Work item | Scan the entries below and extract each line with the word "IsUnderParent" in it.

##### Information supplied #####

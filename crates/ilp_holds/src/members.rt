//! Holds come into the heap and leave it, each with its row of the index.
ghost use Rattle.std.specs.Prelude.{◌≡◌, ◌+◌, ◌<◌, length, vec_len, vec_capacity};
ghost use Rattle.ilp_holds.specs.Heap.{IsHeap};
ghost use Rattle.ilp_holds.specs.Index.{IsIndexed, IsMissingAt};
ghost use Rattle.ilp_holds.specs.Members.{IsAdded, IsTakenOut};

use crate::due::Due;
use crate::heap::exchange;
use crate::index::IndexRow;
use std::alloc::Allocator;

/// Adds a hold as the last of the heap, and before this row of the index its own. Tells where in the
/// heap it stands, which need not be in order there.
pub(crate) fn add<A: Allocator>(
    heap: &mut Vec<Due, A>,
    index: &mut Vec<IndexRow, A>,
    row: usize,
    due: Due,
) -> usize
    requires heap_room { vec_len heap.old < vec_capacity heap.old }
    requires index_room { vec_len index.old < vec_capacity index.old }
    requires order { IsHeap heap.old.items }
    requires indexed { IsIndexed heap.old.items index.old.items }
    requires missing { IsMissingAt index.old.items due.number row }
    ensures added { IsAdded heap.old.items index.old.items row due
        heap.new.items index.new.items result }

    // Each is longer by one, in the room that it has.
    ensures heap_len { vec_len heap.new ≡ vec_len heap.old + 1 }
    ensures heap_capacity { vec_capacity heap.new ≡ vec_capacity heap.old }
    ensures index_len { vec_len index.new ≡ vec_len index.old + 1 }
    ensures index_capacity { vec_capacity index.new ≡ vec_capacity index.old }
{
    let at = heap.len();
    let number = due.number;
    heap.push_reserved(due);
    let Ok(()) = index.insert(row, IndexRow { number, at }) else {
        unreachable!();
    };
    at
}

/// Takes out the hold of this row, and the row. Tells where in the heap another took its place,
/// which need not be in order there.
pub(crate) fn take_out<A: Allocator>(
    heap: &mut Vec<Due, A>,
    index: &mut Vec<IndexRow, A>,
    row: usize,
) -> usize
    requires row { row < length index.old.items }
    requires order { IsHeap heap.old.items }
    requires indexed { IsIndexed heap.old.items index.old.items }
    ensures taken { IsTakenOut heap.old.items index.old.items row
        heap.new.items index.new.items result }

    // Each is shorter by one, in the room that it has.
    ensures heap_len { vec_len heap.new + 1 ≡ vec_len heap.old }
    ensures heap_capacity { vec_capacity heap.new ≡ vec_capacity heap.old }
    ensures index_len { vec_len index.new + 1 ≡ vec_len index.old }
    ensures index_capacity { vec_capacity index.new ≡ vec_capacity index.old }
{
    let at = index[row].at;
    let last = heap.len() - 1;
    exchange(heap, index, row, at, last);
    heap.truncate(last);
    index.remove(row);
    at
}
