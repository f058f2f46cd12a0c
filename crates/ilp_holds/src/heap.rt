//! Steps that put a hold where it belongs in the heap. The index follows.
ghost use Rattle.std.specs.Prelude.{◌≡◌, ◌+◌, ◌*◌, ◌<◌, ◌≤◌, length, swap, IfSome, IfNone};
ghost use Rattle.std.specs.Bool.{OnTrue, OnFalse};
ghost use Rattle.ilp_holds.specs.Heap.{IsHeap, IsHeapBut, IsUnderParent, IsFirstChild, IsEarlierChild, HasNoEarlier};
ghost use Rattle.ilp_holds.specs.Index.{IsIndexed, LeadsTo, holds};

use crate::due::Due;
use crate::index::{IndexRow, note, search};

/// Moves the hold at this place of the heap, which is that of this row of the index, up or down as
/// far as the heap's order wants.
pub(crate) fn reorder(heap: &mut [Due], index: &mut [IndexRow], row: usize, at: usize)
    requires leads { LeadsTo index.old row at }
    requires indexed { IsIndexed heap.old index.old }
    requires almost { IsHeapBut heap.old at }
    ensures indexed { IsIndexed heap.new index.new }
    ensures same { holds heap.new index.new ≡ holds heap.old index.old }
    ensures heap { IsHeap heap.new }
{
    let risen = rise(heap, index, row, at);
    sink(heap, index, row, risen);
}

/// As `reorder`, where the row is not known. Past the end there is no hold to move.
pub(crate) fn reorder_at(heap: &mut [Due], index: &mut [IndexRow], at: usize)
    requires indexed { IsIndexed heap.old index.old }
    requires almost { IsHeapBut heap.old at }
    ensures indexed { IsIndexed heap.new index.new }
    ensures same { holds heap.new index.new ≡ holds heap.old index.old }
    ensures heap { IsHeap heap.new }
{
    if at < heap.len() {
        let Ok(row) = search(index, heap[at].number) else {
            unreachable!();
        };
        reorder(heap, index, row, at);
    }
}

// Up, until its parent is not after it. Tells where it is then.
fn rise(heap: &mut [Due], index: &mut [IndexRow], row: usize, mut at: usize) -> usize
    requires leads { LeadsTo index.old row at }
    requires indexed { IsIndexed heap.old index.old }
    requires almost { IsHeapBut heap.old at }
    ensures leads { LeadsTo index.new row result }
    ensures indexed { IsIndexed heap.new index.new }
    ensures same { holds heap.new index.new ≡ holds heap.old index.old }
    ensures almost { IsHeapBut heap.new result }
    ensures under { IsUnderParent heap.new result }
{
    while is_before_parent(heap, at) {
        let parent = (at - 1) / 2;
        exchange(heap, index, row, at, parent);
        at = parent;
    }
    at
}

// Whether it has a parent, and comes before it.
fn is_before_parent(heap: &[Due], at: usize) -> bool
    requires { at < length heap.now }
    ensures yes { OnTrue result (0 < at) }
    ensures no { OnFalse result (IsUnderParent heap.now at) }
{
    if at == 0 {
        return false;
    }
    let parent = (at - 1) / 2;
    heap[at].is_before(&heap[parent])
}

// Down, until no child is before it.
fn sink(heap: &mut [Due], index: &mut [IndexRow], row: usize, mut at: usize)
    requires leads { LeadsTo index.old row at }
    requires indexed { IsIndexed heap.old index.old }
    requires almost { IsHeapBut heap.old at }
    requires under { IsUnderParent heap.old at }
    ensures indexed { IsIndexed heap.new index.new }
    ensures same { holds heap.new index.new ≡ holds heap.old index.old }
    ensures heap { IsHeap heap.new }
{
    while let Some(child) = earlier_child(heap, at) {
        exchange(heap, index, row, at, child);
        at = child;
    }
}

// The first of the children, if it is before the hold at this place.
fn earlier_child(heap: &[Due], at: usize) -> Option<usize>
    requires { at < length heap.now }
    ensures earlier { IfSome result (IsEarlierChild heap.now at) }
    ensures none { IfNone result (HasNoEarlier heap.now at) }
{
    let child = first_child(heap, at)?;
    if heap[child].is_before(&heap[at]) {
        Some(child)
    } else {
        None
    }
}

// The first of the children, if there is one.
fn first_child(heap: &[Due], at: usize) -> Option<usize>
    requires { at < length heap.now }
    ensures first { IfSome result (IsFirstChild heap.now at) }
    ensures none { IfNone result (length heap.now ≤ 2 * at + 1) }
{
    let left = 2 * at + 1;
    let right = left + 1;
    if left >= heap.len() {
        return None;
    }
    if right < heap.len() && heap[right].is_before(&heap[left]) {
        Some(right)
    } else {
        Some(left)
    }
}

/// Exchanges the hold at a place of the heap, which is that of this row, with another one. Of these
/// two only the other one is searched in the index.
pub(crate) fn exchange(
    heap: &mut [Due],
    index: &mut [IndexRow],
    row: usize,
    at: usize,
    other: usize,
)
    requires leads { LeadsTo index.old row at }
    requires within { other < length heap.old }
    requires indexed { IsIndexed heap.old index.old }
    ensures heap { heap.new ≡ swap heap.old at other }
    ensures leads { LeadsTo index.new row other }
    ensures indexed { IsIndexed heap.new index.new }
    ensures same { holds heap.new index.new ≡ holds heap.old index.old }
{
    heap.swap(at, other);
    note(index, heap[at].number, at);
    index[row].at = other;
}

#####

Exercise solution |
ghost use Rattle.ilp_holds.specs.Heap.{IsHeap, IsHeapBut, IsUnderParent, IsFirstChild, IsEarlierChild, HasNoEarlier};
    ensures under { IsUnderParent heap.new result }
    ensures no { OnFalse result (IsUnderParent heap.now at) }
    requires under { IsUnderParent heap.old at }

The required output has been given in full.